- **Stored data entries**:
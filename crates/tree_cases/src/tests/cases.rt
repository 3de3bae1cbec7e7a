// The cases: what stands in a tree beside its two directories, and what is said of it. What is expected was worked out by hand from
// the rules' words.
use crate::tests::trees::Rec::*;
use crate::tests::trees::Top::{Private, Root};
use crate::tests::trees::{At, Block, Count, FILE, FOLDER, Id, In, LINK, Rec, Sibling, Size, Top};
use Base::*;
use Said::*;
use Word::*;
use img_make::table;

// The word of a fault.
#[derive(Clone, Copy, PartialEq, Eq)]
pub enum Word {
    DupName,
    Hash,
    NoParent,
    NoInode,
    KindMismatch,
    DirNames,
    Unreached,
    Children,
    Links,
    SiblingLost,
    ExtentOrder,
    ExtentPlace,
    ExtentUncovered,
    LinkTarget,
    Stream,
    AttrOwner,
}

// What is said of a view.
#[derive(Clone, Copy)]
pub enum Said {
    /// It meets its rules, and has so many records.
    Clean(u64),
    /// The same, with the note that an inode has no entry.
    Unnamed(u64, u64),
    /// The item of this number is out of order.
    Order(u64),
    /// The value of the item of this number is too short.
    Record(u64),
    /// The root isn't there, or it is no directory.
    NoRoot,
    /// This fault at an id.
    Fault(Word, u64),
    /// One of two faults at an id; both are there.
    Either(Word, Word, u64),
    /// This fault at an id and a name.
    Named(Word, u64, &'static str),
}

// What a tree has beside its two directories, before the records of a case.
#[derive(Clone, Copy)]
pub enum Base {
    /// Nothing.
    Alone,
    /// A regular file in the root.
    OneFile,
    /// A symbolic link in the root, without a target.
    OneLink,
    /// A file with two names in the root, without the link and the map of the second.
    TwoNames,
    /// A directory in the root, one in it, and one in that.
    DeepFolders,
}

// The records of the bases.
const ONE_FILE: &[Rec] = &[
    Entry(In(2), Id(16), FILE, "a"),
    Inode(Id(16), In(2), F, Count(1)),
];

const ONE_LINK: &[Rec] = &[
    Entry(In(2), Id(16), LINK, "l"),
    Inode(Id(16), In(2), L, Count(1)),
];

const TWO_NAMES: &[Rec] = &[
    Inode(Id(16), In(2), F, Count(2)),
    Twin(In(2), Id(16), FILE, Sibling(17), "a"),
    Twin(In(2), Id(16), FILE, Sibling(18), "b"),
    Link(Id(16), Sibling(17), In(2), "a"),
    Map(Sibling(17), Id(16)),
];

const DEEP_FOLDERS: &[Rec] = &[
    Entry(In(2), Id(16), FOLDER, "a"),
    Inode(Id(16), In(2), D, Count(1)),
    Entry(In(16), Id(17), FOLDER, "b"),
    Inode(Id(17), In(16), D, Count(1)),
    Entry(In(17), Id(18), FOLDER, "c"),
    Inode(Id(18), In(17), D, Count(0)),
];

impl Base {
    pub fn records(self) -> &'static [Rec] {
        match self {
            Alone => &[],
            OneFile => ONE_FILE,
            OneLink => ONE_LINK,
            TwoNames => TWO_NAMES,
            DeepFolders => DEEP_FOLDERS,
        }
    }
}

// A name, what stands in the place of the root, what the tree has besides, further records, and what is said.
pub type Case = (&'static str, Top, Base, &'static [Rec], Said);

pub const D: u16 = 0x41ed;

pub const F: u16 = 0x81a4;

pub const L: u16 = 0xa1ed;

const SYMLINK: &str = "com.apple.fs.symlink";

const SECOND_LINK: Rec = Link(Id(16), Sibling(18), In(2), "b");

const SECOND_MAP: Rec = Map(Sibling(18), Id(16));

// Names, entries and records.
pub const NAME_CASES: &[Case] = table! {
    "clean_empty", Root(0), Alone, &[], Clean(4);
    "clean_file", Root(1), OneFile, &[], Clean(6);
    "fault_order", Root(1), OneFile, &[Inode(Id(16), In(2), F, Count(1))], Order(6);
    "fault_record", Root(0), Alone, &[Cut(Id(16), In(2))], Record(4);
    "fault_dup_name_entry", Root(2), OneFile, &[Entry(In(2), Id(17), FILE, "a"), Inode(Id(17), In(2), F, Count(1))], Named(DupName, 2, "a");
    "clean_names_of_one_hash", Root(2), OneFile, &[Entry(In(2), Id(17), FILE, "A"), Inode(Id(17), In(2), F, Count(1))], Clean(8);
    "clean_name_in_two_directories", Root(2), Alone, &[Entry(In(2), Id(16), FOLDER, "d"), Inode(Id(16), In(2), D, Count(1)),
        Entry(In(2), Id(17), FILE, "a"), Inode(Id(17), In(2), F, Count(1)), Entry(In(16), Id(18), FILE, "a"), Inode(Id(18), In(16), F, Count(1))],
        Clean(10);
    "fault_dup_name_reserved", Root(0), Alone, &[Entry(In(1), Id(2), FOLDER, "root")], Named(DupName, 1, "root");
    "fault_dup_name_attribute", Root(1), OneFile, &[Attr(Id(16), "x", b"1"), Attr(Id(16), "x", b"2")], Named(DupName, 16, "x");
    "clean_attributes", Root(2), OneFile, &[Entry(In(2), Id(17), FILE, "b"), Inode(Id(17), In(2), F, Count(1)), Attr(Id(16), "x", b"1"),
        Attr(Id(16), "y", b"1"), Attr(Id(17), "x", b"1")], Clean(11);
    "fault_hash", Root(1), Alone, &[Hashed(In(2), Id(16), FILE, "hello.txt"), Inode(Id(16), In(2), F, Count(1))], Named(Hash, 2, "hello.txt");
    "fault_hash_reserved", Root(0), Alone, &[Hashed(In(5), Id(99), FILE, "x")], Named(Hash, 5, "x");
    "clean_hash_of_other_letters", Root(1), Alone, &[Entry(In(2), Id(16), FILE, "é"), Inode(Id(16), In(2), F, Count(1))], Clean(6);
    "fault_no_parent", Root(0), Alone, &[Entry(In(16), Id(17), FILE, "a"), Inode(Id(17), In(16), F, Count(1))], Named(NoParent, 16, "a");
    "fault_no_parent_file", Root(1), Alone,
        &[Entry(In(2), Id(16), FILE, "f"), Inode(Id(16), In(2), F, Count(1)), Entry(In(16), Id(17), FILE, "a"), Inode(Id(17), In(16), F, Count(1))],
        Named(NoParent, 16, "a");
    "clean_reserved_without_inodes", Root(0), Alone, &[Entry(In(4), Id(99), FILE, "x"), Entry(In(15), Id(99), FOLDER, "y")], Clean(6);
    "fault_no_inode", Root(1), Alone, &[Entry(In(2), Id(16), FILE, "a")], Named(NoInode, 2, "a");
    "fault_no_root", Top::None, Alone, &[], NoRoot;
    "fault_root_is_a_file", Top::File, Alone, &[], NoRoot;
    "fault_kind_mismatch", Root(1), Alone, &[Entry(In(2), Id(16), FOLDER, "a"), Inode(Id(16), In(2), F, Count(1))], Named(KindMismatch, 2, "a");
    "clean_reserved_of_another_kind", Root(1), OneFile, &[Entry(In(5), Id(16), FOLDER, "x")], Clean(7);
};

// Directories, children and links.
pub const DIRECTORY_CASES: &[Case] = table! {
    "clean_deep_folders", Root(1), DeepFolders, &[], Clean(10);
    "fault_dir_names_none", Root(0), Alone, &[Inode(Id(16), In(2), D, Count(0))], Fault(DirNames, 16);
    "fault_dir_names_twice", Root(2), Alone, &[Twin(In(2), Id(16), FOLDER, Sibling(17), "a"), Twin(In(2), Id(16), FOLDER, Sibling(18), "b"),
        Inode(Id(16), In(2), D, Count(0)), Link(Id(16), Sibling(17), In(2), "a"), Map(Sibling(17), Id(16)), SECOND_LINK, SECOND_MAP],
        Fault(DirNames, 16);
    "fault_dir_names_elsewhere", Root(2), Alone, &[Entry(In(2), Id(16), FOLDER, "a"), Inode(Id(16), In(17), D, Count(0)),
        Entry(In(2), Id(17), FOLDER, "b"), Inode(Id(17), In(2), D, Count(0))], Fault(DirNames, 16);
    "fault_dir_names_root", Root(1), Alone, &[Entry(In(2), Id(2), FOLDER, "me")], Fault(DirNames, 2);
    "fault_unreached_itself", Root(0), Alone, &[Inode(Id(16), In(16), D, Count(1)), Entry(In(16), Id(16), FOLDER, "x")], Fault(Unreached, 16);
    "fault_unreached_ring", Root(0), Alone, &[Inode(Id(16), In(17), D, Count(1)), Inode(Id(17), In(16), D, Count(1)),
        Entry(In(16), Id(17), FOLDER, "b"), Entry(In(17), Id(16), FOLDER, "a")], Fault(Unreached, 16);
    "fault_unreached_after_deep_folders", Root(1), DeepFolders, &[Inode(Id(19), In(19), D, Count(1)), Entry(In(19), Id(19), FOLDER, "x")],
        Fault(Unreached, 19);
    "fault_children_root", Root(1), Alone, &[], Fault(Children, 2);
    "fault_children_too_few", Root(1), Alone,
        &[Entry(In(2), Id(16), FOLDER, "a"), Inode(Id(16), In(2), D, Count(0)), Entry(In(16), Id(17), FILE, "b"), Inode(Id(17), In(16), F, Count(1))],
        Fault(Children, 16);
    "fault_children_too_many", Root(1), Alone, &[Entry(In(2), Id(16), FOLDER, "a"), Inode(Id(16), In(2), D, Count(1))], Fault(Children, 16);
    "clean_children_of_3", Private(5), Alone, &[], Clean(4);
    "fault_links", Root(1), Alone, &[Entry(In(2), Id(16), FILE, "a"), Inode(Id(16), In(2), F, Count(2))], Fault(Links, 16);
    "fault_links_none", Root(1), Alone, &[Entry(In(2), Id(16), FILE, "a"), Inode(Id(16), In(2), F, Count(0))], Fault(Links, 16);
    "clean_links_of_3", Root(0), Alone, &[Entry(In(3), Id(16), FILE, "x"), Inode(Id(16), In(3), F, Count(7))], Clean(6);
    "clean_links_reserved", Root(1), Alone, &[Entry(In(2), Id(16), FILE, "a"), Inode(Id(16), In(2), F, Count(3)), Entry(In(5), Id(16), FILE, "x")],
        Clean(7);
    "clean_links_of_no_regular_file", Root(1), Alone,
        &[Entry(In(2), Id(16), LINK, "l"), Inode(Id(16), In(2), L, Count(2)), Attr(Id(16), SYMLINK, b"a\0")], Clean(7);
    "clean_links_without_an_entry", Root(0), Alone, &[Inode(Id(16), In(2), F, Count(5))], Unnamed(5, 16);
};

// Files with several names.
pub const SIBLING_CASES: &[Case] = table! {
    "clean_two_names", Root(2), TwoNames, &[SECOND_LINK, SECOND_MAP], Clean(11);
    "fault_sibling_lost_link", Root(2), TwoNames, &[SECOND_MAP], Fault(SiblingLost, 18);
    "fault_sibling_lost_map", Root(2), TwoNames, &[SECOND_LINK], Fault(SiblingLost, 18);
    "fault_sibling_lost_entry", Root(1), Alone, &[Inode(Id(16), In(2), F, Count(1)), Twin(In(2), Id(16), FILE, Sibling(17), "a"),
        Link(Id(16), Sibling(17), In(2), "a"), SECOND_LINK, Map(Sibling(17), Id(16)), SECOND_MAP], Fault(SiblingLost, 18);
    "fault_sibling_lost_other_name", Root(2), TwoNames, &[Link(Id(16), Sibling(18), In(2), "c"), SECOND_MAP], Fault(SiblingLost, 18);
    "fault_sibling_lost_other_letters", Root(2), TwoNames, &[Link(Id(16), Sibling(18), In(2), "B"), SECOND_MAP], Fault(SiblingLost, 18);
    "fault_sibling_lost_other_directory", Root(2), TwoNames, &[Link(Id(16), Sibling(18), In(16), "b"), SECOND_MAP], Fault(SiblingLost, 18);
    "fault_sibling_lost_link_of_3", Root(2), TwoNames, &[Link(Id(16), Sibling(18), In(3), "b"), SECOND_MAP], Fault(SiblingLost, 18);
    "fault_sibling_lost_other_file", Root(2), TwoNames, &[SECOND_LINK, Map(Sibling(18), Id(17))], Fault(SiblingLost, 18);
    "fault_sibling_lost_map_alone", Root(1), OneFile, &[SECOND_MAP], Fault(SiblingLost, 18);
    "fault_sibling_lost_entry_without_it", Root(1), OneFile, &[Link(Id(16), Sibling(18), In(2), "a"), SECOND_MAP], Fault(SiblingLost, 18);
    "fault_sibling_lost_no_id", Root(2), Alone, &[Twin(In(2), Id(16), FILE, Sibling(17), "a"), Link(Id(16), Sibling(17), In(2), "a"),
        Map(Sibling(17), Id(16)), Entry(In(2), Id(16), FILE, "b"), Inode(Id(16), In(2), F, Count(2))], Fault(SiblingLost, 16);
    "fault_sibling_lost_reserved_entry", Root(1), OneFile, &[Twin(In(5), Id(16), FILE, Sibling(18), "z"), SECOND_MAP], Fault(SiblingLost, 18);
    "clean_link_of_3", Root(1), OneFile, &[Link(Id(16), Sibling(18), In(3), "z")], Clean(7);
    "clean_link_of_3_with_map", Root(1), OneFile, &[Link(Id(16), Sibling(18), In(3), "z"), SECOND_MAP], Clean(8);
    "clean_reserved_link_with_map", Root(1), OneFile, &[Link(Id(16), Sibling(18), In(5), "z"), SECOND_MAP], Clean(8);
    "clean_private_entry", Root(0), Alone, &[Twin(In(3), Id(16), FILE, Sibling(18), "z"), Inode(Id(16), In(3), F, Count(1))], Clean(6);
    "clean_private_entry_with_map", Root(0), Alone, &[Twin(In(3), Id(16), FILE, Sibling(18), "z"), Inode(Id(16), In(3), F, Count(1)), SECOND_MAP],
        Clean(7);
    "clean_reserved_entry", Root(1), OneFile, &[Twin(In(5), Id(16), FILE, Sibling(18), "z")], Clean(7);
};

- **EXERCISE PROMPT**: Look above for the line with "#[derive(Clone, Copy, PartialEq, Eq)]"; retype exactly that line, every line after it up to the line with "const TWO_NAMES: &[Rec]", and that line too, nothing else.

- **SOLUTION TO THIS PROBLEM**:
#[derive(Clone, Copy, PartialEq, Eq)]
pub enum Word {
    DupName,
    Hash,
    NoParent,
    NoInode,
    KindMismatch,
    DirNames,
    Unreached,
    Children,
    Links,
    SiblingLost,
    ExtentOrder,
    ExtentPlace,
    ExtentUncovered,
    LinkTarget,
    Stream,
    AttrOwner,
}

// What is said of a view.
#[derive(Clone, Copy)]
pub enum Said {
    /// It meets its rules, and has so many records.
    Clean(u64),
    /// The same, with the note that an inode has no entry.
    Unnamed(u64, u64),
    /// The item of this number is out of order.
    Order(u64),
    /// The value of the item of this number is too short.
    Record(u64),
    /// The root isn't there, or it is no directory.
    NoRoot,
    /// This fault at an id.
    Fault(Word, u64),
    /// One of two faults at an id; both are there.
    Either(Word, Word, u64),
    /// This fault at an id and a name.
    Named(Word, u64, &'static str),
}

// What a tree has beside its two directories, before the records of a case.
#[derive(Clone, Copy)]
pub enum Base {
    /// Nothing.
    Alone,
    /// A regular file in the root.
    OneFile,
    /// A symbolic link in the root, without a target.
    OneLink,
    /// A file with two names in the root, without the link and the map of the second.
    TwoNames,
    /// A directory in the root, one in it, and one in that.
    DeepFolders,
}

// The records of the bases.
const ONE_FILE: &[Rec] = &[
    Entry(In(2), Id(16), FILE, "a"),
    Inode(Id(16), In(2), F, Count(1)),
];

const ONE_LINK: &[Rec] = &[
    Entry(In(2), Id(16), LINK, "l"),
    Inode(Id(16), In(2), L, Count(1)),
];

const TWO_NAMES: &[Rec] = &[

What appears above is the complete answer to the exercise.